# Thoughts on worktrading



## Abirdperson (May 24, 2020)

Just wanted to share some slightly organized thoughts about my experience worktrading. I hope it helps anyone who is thinking about living this way for any amount of time.

Shelters:
- bring your own/tent
- trailers/tiny homes
- room in house with host
- hostels(bunk beds, sleeping around other people)

Food:
- host goes grocery shopping, you make a list
- host gives a food stipend, you go shopping
- host takes you to food bank, you sign yourself up, get food (not technically allowed by many food banks but a lot of farm owners are just broke and can’t afford to buy food to feed their workers)

Work:
- workaway, wwoof, helpx, trustroots, coolworks, craigslist
- 5 hrs/day, 7 days/week for work trades(work in exchange for food and shelter), can usually arrange a schedule with each host that works for both parties
- can pick any kind of work you want by finding the right host (farming, pet sitting, house sitting, landscaping, cleaning houses for air bnb, baby sitting/childcare, elder care, bar tending)
- many hosts don’t require any prior experience
- I have a resume listing all of our prior work-trades, what we did there, and references to farm owners we particularly got along with. I send this to every prospective host.
- make a detailed profile on whatever website you use
- when you message hosts customize the message to each one
- offer to do a phone interview if you can, it helps to make everyone more comfortable with the arrangements if you get to hear each others’ tones of voice
- be careful of things that sound too good to be true, always ask the host about things you are unsure of before you head out to them

Getting to each host:
- walking/hitch hiking (need backpacking gear, ways to carry water, food, good boots/shoes)
- buses/trains/planes
- friends drive you half way, new host drives half way and picks you up

Extras:
Sometimes hosts have good wifi. If you can make money online in any way do it. You aren't paying for rent or food. All the money you make can go towards your next adventure, gear, weed or whatever you want. Pretty cool. We sometimes carry a little netbook while traveling for this purpose(also fun to get to watch movies for a little while too). You can also just save the money so when moving gets tiring you can maybe get a roommate for a couple of months and just chill. Traveling can get exhausting. Especially when you are going from worktrade to worktrade. You get a new boss every time. That can get old.

When it doesn’t work:
- it takes about a week on average to figure out if we want to be with a host for longer than a month(the quickest we figured out we didn't like a place was two days, we stayed for four days total)
- we usually give two weeks notice like a normal job, this gives us time to find another host near by
- we have camping gear for when it really doesn’t work out with a host, that way we can just walk away
- examples of it not working out: guy invited us to a farm in hawaii, didnt tell us it was a “tantric healing sex retreat” until we got there, that basically meant this guy having loud sex with his bedroom door open down the hall from our room, got super offended when we declined; got dosed with mushrooms without being told because we ended up at a cult of some kind, lots of sketchy shit, got their profile taken off of the worktrade website they were using; seeing animal abuse/neglect at a goat dairy that has been running for 23 years, animal control came out multiple times and did nothing because the guy didn't want to do his paperwork.

When it works:
- we got our best job just meeting someone on the street and mentioning that we do farm work trades, they invited us out and now they are our absolute best friends, we have spent a lot of time with them and gotten a lot done, they gave us a honeymoon at a hotel on the beach when we got married, we are broke travelers, it was the kindest thing anyone has done for us.
- a hiker hostel on the east coast. In exchange for 5 hrs/day 7 days/week we got a bed to sleep on inside, all meals made for us everyday, a beer each day, rides to trailheads to go on beautiful hikes.
- making great friends, people you can visit the next time you are in the area.

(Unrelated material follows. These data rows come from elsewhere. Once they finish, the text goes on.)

// What a table of the file says at a key.
ghost use Rattle.std.specs.Prelude.{◌≡◌, ◌≤◌, IfOk, IfSome, option_map, codes};
ghost use Rattle.toml.specs.Data.{get_member, integer};
ghost use Rattle.toml.specs.View.{table_view, view};
ghost use Rattle.loop_station_words.specs.Config.{HasBuffers};
ghost use Rattle.loop_station_words.specs.Cuts.{cut};
ghost use Rattle.loop_station_words.specs.Fields.{SaysShape, bytes_of, duration_cut, form_of, losses_of, memory_of, number_or, part_seconds, path_of, positive, room_of, seconds_of, shape_text, whole_float, text_of, times_of, truth_of};

use crate::choices::{AnswersForm, LossesFrom, MemoryLimit, StoreSize, TimesFrom};
use crate::cut::cut;
use crate::fault::CameraFault;
use crate::key::unknown_key;
use crate::shape::{FrameShape, read_shape};
use loop_script::number::number;
use std::alloc::Global;
use std::num::saturating_f64_to_u64;
use toml::{Table, Value};

// The keys of a camera.
const KEYS: [&str; 17] = [
    "name",
    "source",
    "store",
    "hours",
    "minutes",
    "bytes",
    "keep",
    "after",
    "tag",
    "pattern",
    "buffers",
    "memory",
    "save_to",
    "release",
    "times_from",
    "losses",
    "when_full",
];

// The most seconds after an order that a keep may lock.
const MAX_AFTER: u64 = 3600;

// The fewest buffers of a camera.
const MIN_BUFFERS: u32 = 4;

// How many buffers a camera has where they are left out.
const BUFFERS: u64 = 8;

// The most buffers of a camera: as many as a queue may have.
const MAX_BUFFERS: u64 = 32;

// The seconds of an hour, and of a minute.
const HOUR: f64 = 3600.0;

const MINUTE: f64 = 60.0;

// Hours and minutes that aren't a whole number have to be below this.
const MOST: f64 = 1e15;

// The pattern's shape where it is left out.
const SHAPE: &str = "640x480 YM12 25:1";

/// Refuses a table with a key that cameras don't have.
pub(crate) fn check_keys(alloc: Global, table: &Table) -> Result<(), CameraFault> {
    match unknown_key(alloc, table, &KEYS)? {
        None => Ok(()),
        Some(key) => Err(CameraFault::UnknownKey(key)),
    }
}

/// The value at a key, if there is one.
pub(crate) fn value_at<'a>(table: &'a Table, key: &str) -> Option<&'a Value>
    ensures { option_map (λ v. view v.now) result ≡ get_member key.now (table_view table.now) }
{
    table.get(key)
}

/// The text at a key; `None` where there is none, or it is empty.
pub(crate) fn text_at<'a>(table: &'a Table, key: &str) -> Option<&'a str>
    ensures { option_map (λ t. t.now) result ≡ text_of (get_member key.now (table_view table.now)) }
{
    match value_at(table, key) {
        Some(Value::String(text)) if !text.is_empty() => Some(text.as_str()),
        _ => None,
    }
}

/// The number at a key, or `other` where there is no value; `None` where it isn't a whole number from 0 to `most`.
pub(crate) fn number_at(table: &Table, key: &str, other: u64, most: u64) -> Option<u64>
    requires { other ≤ most }
    ensures number { result ≡ number_or other most (get_member key.now (table_view table.now)) }
    ensures few { IfSome result (λ number. number ≤ most) }
{
    match value_at(table, key) {
        None => Some(other),
        Some(Value::Integer(number)) => match u64::try_from(*number) {
            Ok(number) if number <= most => Some(number),
            _ => None,
        },
        Some(_) => None,
    }
}

/// The number at a key, or `other` where there is no value; `None` where it isn't a whole number of 32 bits.
pub(crate) fn small_at(table: &Table, key: &str, other: u32) -> Option<u32>
    ensures { result ≡ number_or other 4294967295 (get_member key.now (table_view table.now)) }
{
    let number = number_at(table, key, u64::from(other), u64::from(u32::MAX))?;
    Some(number as u32)
}

/// How many seconds after the order a keep locks; `None` where that isn't a whole number from 0 to 3600.
pub(crate) fn after_at(table: &Table) -> Option<u32>
    ensures { result ≡ number_or 0 3600 (get_member (codes "after") (table_view table.now)) }
{
    let after = number_at(table, "after", 0, MAX_AFTER)?;
    Some(after as u32)
}

/// The form of answers; `None` where it is neither `text` nor `json`.
pub(crate) fn form_at(table: &Table) -> Option<AnswersForm>
    ensures { result ≡ form_of (get_member (codes "answers_form") (table_view table.now)) }
{
    match value_at(table, "answers_form") {
        None => Some(AnswersForm::Text),
        Some(Value::String(form)) => match form.as_str() {
            "text" => Some(AnswersForm::Text),
            "json" => Some(AnswersForm::Json),
            _ => None,
        },
        Some(_) => None,
    }
}

/// Where the times of frames come from; `None` where it is neither `arrival` nor `source`.
pub(crate) fn times_at(table: &Table) -> Option<TimesFrom>
    ensures { result ≡ times_of (get_member (codes "times_from") (table_view table.now)) }
{
    match value_at(table, "times_from") {
        None => Some(TimesFrom::Arrival),
        Some(Value::String(from)) => match from.as_str() {
            "arrival" => Some(TimesFrom::Arrival),
            "source" => Some(TimesFrom::Source),
            _ => None,
        },
        Some(_) => None,
    }
}

/// How lost frames are known; `None` where it is neither `numbers` nor `times` nor `none`.
pub(crate) fn losses_at(table: &Table) -> Option<LossesFrom>
    ensures { result ≡ losses_of (get_member (codes "losses") (table_view table.now)) }
{
    match value_at(table, "losses") {
        None => Some(LossesFrom::Either),
        Some(Value::String(from)) => match from.as_str() {
            "numbers" => Some(LossesFrom::Numbers),
            "times" => Some(LossesFrom::Times),
            "none" => Some(LossesFrom::Nothing),
            _ => None,
        },
        Some(_) => None,
    }
}

/// How many buffers a camera has; `None` where that isn't a whole number from 4 to 32.
pub(crate) fn buffers_at(table: &Table) -> Option<u32>
    ensures number { IfSome result (λ buffers.
        number_or 8 32 (get_member (codes "buffers") (table_view table.now)) ≡ Some buffers) }
    ensures few { IfSome result HasBuffers }
{
    let buffers = number_at(table, "buffers", BUFFERS, MAX_BUFFERS)? as u32;
    if buffers < MIN_BUFFERS {
        return None;
    }
    Some(buffers)
}

// The text of the pattern's shape; `None` where it isn't a text.
fn shape_text<'a>(table: &'a Table) -> Option<&'a str>
    ensures { option_map (λ t. t.now) result
        ≡ shape_text (get_member (codes "pattern") (table_view table.now)) }
{
    match value_at(table, "pattern") {
        None => Some(SHAPE),
        Some(Value::String(text)) => Some(text.as_str()),
        Some(_) => None,
    }
}

/// The pattern's shape, where the pattern is the source.
pub(crate) fn shape_at(table: &Table, source: &str) -> Result<Option<FrameShape>, CameraFault>
    ensures { IfOk result (SaysShape source.now (get_member (codes "pattern") (table_view table.now))) }
{
    let text = match shape_text(table) {
        Some(text) => text,
        None => return Err(CameraFault::BadPattern),
    };
    if source == "pattern" {
        return match read_shape(text) {
            Some(shape) => Ok(Some(shape)),
            None => Err(CameraFault::BadPattern),
        };
    }
    match value_at(table, "pattern") {
        Some(_) => Err(CameraFault::NoPattern),
        None => Ok(None),
    }
}

/// How large the store is, by hours, minutes or bytes: exactly one of them has to be there.
pub(crate) fn room_at(table: &Table) -> Result<StoreSize, CameraFault>
    ensures { IfOk result (λ room. room_of (get_member (codes "hours") (table_view table.now))
        (get_member (codes "minutes") (table_view table.now))
        (get_member (codes "bytes") (table_view table.now)) ≡ Some room) }
{
    match (
        value_at(table, "hours"),
        value_at(table, "minutes"),
        value_at(table, "bytes"),
    ) {
        (None, None, None) => Err(CameraFault::NoRoom),
        (Some(hours), None, None) => match seconds_of(hours, 3600, HOUR) {
            Some(seconds) => Ok(StoreSize::Seconds(seconds)),
            None => Err(CameraFault::BadHours),
        },
        (None, Some(minutes), None) => match seconds_of(minutes, 60, MINUTE) {
            Some(seconds) => Ok(StoreSize::Seconds(seconds)),
            None => Err(CameraFault::BadMinutes),
        },
        (None, None, Some(bytes)) => match bytes_of(bytes) {
            Some(bytes) => Ok(StoreSize::Bytes(bytes)),
            None => Err(CameraFault::BadBytes),
        },
        _ => Err(CameraFault::TwoRooms),
    }
}

// The seconds in a time of so many of a unit of so many seconds, which is given as a float too, rounded up; `None`
// where it isn't a number above 0.
fn seconds_of(time: &Value, unit: u64, as_float: f64) -> Option<u64>
    requires { as_float ≡ whole_float unit }
    ensures { result ≡ seconds_of unit (view time.now) }
{
    match time {
        Value::Integer(whole) => match positive(*whole) {
            Some(whole) => Some(whole.saturating_mul(unit)),
            None => None,
        },
        Value::Float(part) => part_seconds(*part, as_float),
        _ => None,
    }
}

// The seconds in a time that isn't a whole number of its unit, rounded up; `None` where it isn't above 0, or is too
// long.
fn part_seconds(part: f64, unit: f64) -> Option<u64>
    ensures { result ≡ part_seconds unit part }
{
    if part > 0.0 && part < MOST {
        Some(saturating_f64_to_u64((part * unit).ceil()))
    } else {
        None
    }
}

// A number of bytes; `None` where it isn't a whole number above 0.
fn bytes_of(bytes: &Value) -> Option<u64>
    ensures { result ≡ bytes_of (view bytes.now) }
{
    match bytes {
        Value::Integer(bytes) => positive(*bytes),
        _ => None,
    }
}

// A number above 0; `None` where it is 0 or negative.
fn positive(number: i64) -> Option<u64>
    ensures { result ≡ bytes_of (integer number) }
{
    match u64::try_from(number) {
        Ok(number) if number > 0 => Some(number),
        _ => None,
    }
}

/// How much memory its source's frames may take: a number of bytes, or a text such as `4 s`; `None` where it is
/// neither, or 0.
pub(crate) fn memory_at(table: &Table) -> Option<Option<MemoryLimit>>
    ensures { result ≡ memory_of (get_member (codes "memory") (table_view table.now)) }
{
    match value_at(table, "memory") {
        None => Some(None),
        Some(Value::Integer(bytes)) => match positive(*bytes) {
            Some(bytes) => Some(Some(MemoryLimit::Bytes(bytes))),
            None => None,
        },
        Some(Value::String(text)) => match seconds_in(text.as_str()) {
            Some(seconds) => Some(Some(MemoryLimit::Seconds(seconds))),
            None => None,
        },
        Some(_) => None,
    }
}

// The seconds that a text such as `4 s` says; `None` where it says none, or 0.
fn seconds_in(text: &str) -> Option<u64>
    ensures { result ≡ duration_cut (cut 32 text.now) }
{
    match cut(text, ' ') {
        Some((seconds, "s")) => match number(seconds) {
            Some(seconds) if seconds > 0 => Some(seconds),
            _ => None,
        },
        _ => None,
    }
}

/// The path at a key, if there is one; `None` where it isn't a text, or is empty.
pub(crate) fn path_at<'a>(table: &'a Table, key: &str) -> Option<Option<&'a str>>
    ensures { option_map (λ p. option_map (λ t. t.now) p) result
        ≡ path_of (get_member key.now (table_view table.now)) }
{
    match value_at(table, key) {
        None => Some(None),
        Some(Value::String(path)) if !path.is_empty() => Some(Some(path.as_str())),
        Some(_) => None,
    }
}

/// The truth value at a key, or `other` where there is none; `None` where it is neither `true` nor `false`.
pub(crate) fn truth_at(table: &Table, key: &str, other: bool) -> Option<bool>
    ensures { result ≡ truth_of other (get_member key.now (table_view table.now)) }
{
    match value_at(table, key) {
        None => Some(other),
        Some(Value::Boolean(said)) => Some(*said),
        Some(_) => None,
    }
}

(On the Appalachian Trail, our host was kind enough to give us a ride to the trailhead)

Anything can happen on the road once you are traveling. You have less control over your life, you are open to more.

If anyone has questions or things to add to this list please comment or message me!


----------



## Ashtree (May 30, 2020)

Thanks for posting this helpful information. 

If you ever find yourself in Wisconsin (not the most glamorous or convenientl located place, but it is pretty), two of my friends and I are starting a permaculture homestead in Viroqua this Summer and we’ll probably need worktraders come next spring. Right now we’re starting with water catchment and tree planting, but then we’ll start with natural buildings and the vegetable/herb gardens and maybe we’ll get some chickens by that point, too.
Pretty far from Hawaii and CO, but we’re excited about it! My two friends who bought the land are 84 and 70 something. They have the vision and knowledge, and I am the 25 year old friend who has the body power, willingness, and some knowledge and experience, too.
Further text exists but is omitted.